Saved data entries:
━━━━━━━━━━

//! A store in memory.
ghost use Rattle.std.specs.Prelude.{◌≡◌, ◌↔◌, ◌+◌, ◌≤◌, length, None, Some, IfOk, IsErr, if◌then◌else◌, is_err, option_copied};
ghost use Rattle.vod_source.specs.contracts.memory.store.MemStore.{the_row};
ghost use Rattle.std.specs.Borrow.{sem};
ghost use Rattle.std.specs.Io.BufRead.{Rests};
ghost use Rattle.vod_source.specs.Causes.{HasCause};
ghost use Rattle.vod_source.specs.Memory.{after_call, IsDue, counted, failed, files_in};
ghost use Rattle.vod_source.specs.Stored.{InFile, LentFrom, file_named, size_of, bytes_of, bytes_at};

use crate::memory::calls::Calls;
use crate::{Store, StoreFailed};
use std::marker::Model;
use vod_types::Name;

/// Files in memory. Of two with one name the first counts.
///
/// `size` and `lend` count as calls of one number. A call fails exactly where its number is one of those that are to fail.
#[derive(Drop)]
pub struct MemStore {
    files: Vec<(Name, Vec<u8>)>,
    calls: Calls,
}

impl Model for MemStore {
    ghost use Rattle.vod_source.specs.Memory.{StoreValue, files_in};

    ghost Value = { StoreValue };

    ghost view = { λ a. record { files = files_in a.files.items; plan = a.calls } };
}

impl MemStore {
    /// A store of these files, whose calls with the numbers `fails`, from 1, fail.
    pub fn new(files: Vec<(Name, Vec<u8>)>, fails: Vec<u64>) -> Self
        ensures { result ≡ record { files = files_in files.items; plan = record { fails = fails.items; made = 0; faults = 0 } } }
    {
        MemStore {
            files,
            calls: Calls::new(fails),
        }
    }
}

// The first file of this name.
fn find<'a>(files: &'a [(Name, Vec<u8>)], name: &str) -> Option<&'a [u8]>
    ensures { option_copied result ≡ file_named (files_in files.now) name.now }
{
    for (known, bytes) in files {
        if known.as_str() == name {
            return Some(bytes);
        }
    }
    None
}

// Its bytes, or none where there is no such file.
fn bytes<'a>(files: &'a [(Name, Vec<u8>)], name: &str) -> &'a [u8]
    ensures { result.now ≡ bytes_of (files_in files.now) name.now }
{
    find(files, name).unwrap_or(&[])
}

impl Store for MemStore {
    ghost content = { λ s. Some s.files };

    ghost log = { λ s. None };

    ghost faults = { λ s. s.plan.faults };

    ghost moved = { λ old new is_failed. new.plan ≡ after_call is_failed old.plan };

    fn size(&mut self, name: &str) -> Result<Option<u64>, StoreFailed>
        ensures told { IfOk result (λ size. size ≡ size_of self.old.files name.now) }
        ensures due { IsErr result ↔ IsDue self.old.plan }
        ensures files { self.new.files ≡ self.old.files }
        ensures plan { self.new.plan ≡ (if is_err result then failed (counted self.old.plan) else counted self.old.plan) }
        ensures cause { HasCause self.old.plan.faults self.new.plan.faults result }
    {
        if self.calls.begin() {
            return Err(StoreFailed);
        }
        Ok(find(&self.files, name).map(|bytes| bytes.len() as u64))
    }

    fn lend(&mut self, name: &str, at: u64, n: usize) -> Result<&[u8], StoreFailed>
        requires { InFile (Some self.old.files) name.now at n }
        ensures length { IfOk result (λ piece. length piece.now ≡ n) }
        ensures told { IfOk result (λ piece. piece.now ≡ bytes_at self.old.files name.now at n) }
        ensures due { IsErr result ↔ IsDue self.old.plan }
        ensures* after_loan { sem 𝓛 (Rests the_row self.entry (λ new.
            LentFrom (Some self.old.files) (Some new.files) None None self.old.plan.faults new.plan.faults
            (name.now, at, n) result (new.plan ≡ after_call (is_err result) self.old.plan))) }
    {
        if self.calls.begin() {
            return Err(StoreFailed);
        }
        Ok(part(&self.files, name, at as usize, n))
    }
}

// The `n` bytes of a file from `at` on.
fn part<'a>(files: &'a [(Name, Vec<u8>)], name: &str, at: usize, n: usize) -> &'a [u8]
    requires { at + n ≤ length (bytes_of (files_in files.now) name.now) }
    ensures length { length result.now ≡ n }
    ensures part { result.now ≡ bytes_at (files_in files.now) name.now at n }
{
    let all = bytes(files, name);
    &all[at..at + n]
}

━━━━━━━━━━

**Task requirements**
Show each line of the data that contains the string "record".

**Output for this exercise**
    ghost view = { λ a. record { files = files_in a.files.items; plan = a.calls } };
        ensures { result ≡ record { files = files_in files.items; plan = record { fails = fails.items; made = 0; faults = 0 } } }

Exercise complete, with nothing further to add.